While much of Alaska posted low salmon runs in 2018, sockeye flooded Bristol Bay again for a third straight year of historic runs.
Most recent counts put the total run at more than 61 million sockeye for the 2018 season, which was 10 million over the preseason forecast and added up to the second-largest run in the fishery’s recorded history. Numbers from the Alaska Department of Fish and Game (ADF&G) reported a total catch of 40.3 million sockeye, not far behind the fishery’s largest-ever catch of 44.3 million fish in 1995.
Couple that with relatively high prices, and the Bristol Bay sockeye fishery is looking at one of its most lucrative seasons ever.
“It was a banner year for us. It was non-stop fishing and the price looks good, and I think we’ll get good price adjustments since the market is looking strong," Tyone Raymond, skipper of the F/V Mr. Fox, told SeafoodSource.
Major processors like Trident Seafoods and Ocean Beauty Seafoods have confirmed a base price of USD 1.25 (EUR 1.08) per pound, a bump of about USD 0.25 (EUR 0.22) a pound from last season’s original base price, and up from just USD 0.50 (EUR 0.43) in 2015. Smaller processors like Leader Creek Fisheries and Silver Bay Seafoods set their base price according to the majors, and buyers pay quality incentives for chilled, floating, and bled fish, which has some speculating that the ex-vessel price may approach USD 2.00 (EUR 1.72) per pound.
Meanwhile, the Pike Place Fish Market in Seattle, Washington, U.S.A. was selling sockeye at USD 17.99 (EUR 15.51), and The Cordova Times reported that Costco in Anchorage, Alaska had sockeye fillets at USD 9.99 (EUR 8.61) a pound.
But it wasn’t all good news from Bristol Bay. A large part of the run was in the Nushagak District this season, where fishermen scooped up well over half the catch, with a total harvest of over nearly 24 million fish. That meant competitive, sometimes treacherous grounds in the Nushagak, with nearly 800 out of the fleet's total 1,200 boats crowding into the district at one time. And Raymond said many of the fish were small, a concerning trend for the 40-year Bristol Bay veteran.
“With the Nushagak run, as strong as it was, sometimes those numbers are a little misleading. An incredible number of those were tiny, tiny fish,” said Raymond, who sells to Leader Creek Fisheries. "This seems to be a trend, and there’s not a great market for those fish.”

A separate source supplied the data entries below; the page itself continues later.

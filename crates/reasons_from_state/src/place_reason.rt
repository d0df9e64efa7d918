//! The reason of a place of a block.
ghost use Rattle.std.specs.Prelude.{◌≡◌, ◌<◌, ◌≤◌, List, Some, Option, length, map, IfOk};
ghost use Rattle.block.specs.Limits.{max_txs};
ghost use Rattle.transaction.specs.declared.item.Item.{Item};
ghost use Rattle.transaction.specs.Items.{item_of};
ghost use Rattle.policy_eval.specs.Accepts.{Accepts};
ghost use Rattle.rules.specs.Candidate.{used_id};
ghost use Rattle.rules.specs.Commit.{job_of};
ghost use Rattle.rules.specs.Fold as fold;
ghost use Rattle.reasons.specs.declared.reason.Reason as reason_spec;
ghost use Rattle.reasons.specs.Reason.{item_at, IsReason};
ghost use Rattle.key_chains.specs.Shown.{Shows};

use crate::place::Place;
use crate::state_reasons::state_reason;
use crate::update_reasons::update_reason;
use candidates::Candidate;
use key_chains::{Job, PlainBoard};
use reasons::Reason;
use reasons_before_state::{FlaggedBlock, reason_in_bytes};
use std::alloc::{AllocError, Global};

/// Why place i of a block has its flag: `job` is the block's job over its world, `bytes` are the place's bytes, and `board` has all
/// verdicts of the job. Where these belong together there is a reason, and it is this one; of a valid place it costs nothing.
///
/// What was flagged before the rules on the state is decoded again. Signers are asked again for each key that their
/// transaction writes, up to the first that they may not write. A read or a range is looked up as the read check does it, and a walk
/// over the operations on its key finds who wrote it. A policy that isn't satisfied, also the admin policy of an update, is evaluated
/// twice more. Fails only where memory is refused: it takes memory for what the reason names, and for lists of keys.
pub fn reason_of(
    alloc: Global,
    block: &FlaggedBlock<'_>,
    job: &Job<'_, '_>,
    i: u32,
    bytes: &[u8],
    board: &mut PlainBoard,
) -> Result<Option<Reason>, AllocError>
    requires place { i < length job.now.candidates }
    requires ids { length block.now.ids.now ≡ length job.now.candidates }
    requires flags { block.now.flags.now ≡ fold.flags job.now }
    requires few { length block.now.ids.now ≤ max_txs }
    requires shown { Shows job.now board.old }
    ensures value { IfOk result (λ x. (accepts : Accepts) (items : List (Option Item)) (r : reason_spec.Reason) → job.now ≡ job_of block.now.channel.now accepts block.now.world.now items
        → block.now.ids.now ≡ map (used_id block.now.channel.now accepts) items → item_at items i ≡ item_of block.now.version bytes.now → IsReason block.now.channel.now accepts block.now.world.now items i r → x ≡ Some r) }
    ensures board { board.new ≡ board.old }
{
    let at = Place { job, i };
    match job.candidate(i) {
        Candidate::Flagged(flag) => reason_in_bytes(alloc, block, i, *flag, bytes),
        Candidate::Opened(open_tx) => state_reason(alloc, &at, open_tx, board),
        Candidate::Updates(open_update) => update_reason(alloc, &at, open_update, board),
    }
}
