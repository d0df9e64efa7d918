//! The reasons of a block: why each of its places has its flag, found where the flags are known.
#![tactic(auto)]

mod endorsement;
mod identity_copies;
mod missing;
mod phantoms;
mod place;
mod place_reason;
mod shortfalls;
mod stale_reads;
mod state_reasons;
mod touchers;
mod update_reasons;
mod verdicts;
mod versions;
mod writers;

pub use place_reason::reason_of;
pub use reasons_before_state::FlaggedBlock;
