//! The known verdicts of one candidate.
ghost use Rattle.std.specs.Prelude.{◌≡◌, ◌<◌, length};
ghost use Rattle.rules.specs.Fold.{endorsed, flag};
ghost use Rattle.key_chains.specs.Shown.{Shows};

use key_chains::{Job, PlainBoard};
use rules::Flag;

/// Its flag.
pub(crate) fn flag_of(_job: &Job<'_, '_>, i: u32, board: &PlainBoard) -> Flag
    requires place { i < length _job.now.candidates }
    requires shown { Shows _job.now board.now }
    ensures { result ≡ flag _job.now i }
{
    let Some(flag) = board.cells(i).flag else {
        unreachable!()
    };
    flag
}

/// Whether it passed the endorsement rule.
pub(crate) fn has_passed(_job: &Job<'_, '_>, i: u32, board: &PlainBoard) -> bool
    requires place { i < length _job.now.candidates }
    requires shown { Shows _job.now board.now }
    ensures { result ≡ endorsed _job.now i }
{
    let Some(passed) = board.cells(i).endorsed else {
        unreachable!()
    };
    passed
}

Across the Bristol Bay in the east side districts, warm waters made for distressingly late runs. The Naknek and Ugashik districts eventually made their preseason forecasts, but the Egegik district posted just a 4.9 million-fish harvest on a 6.5 million total run, nearly three million fish shy of the forecast, with one year class in particular failing to run back up the Egegik River.
Tim Sands, an area management biologist for the ADF&G in Bristol Bay, told the local National Public Radio satellite KDLG that biologists were running genetics to see if the missing Egegik fish had been caught in other districts or had failed to return to Bristol Bay altogether.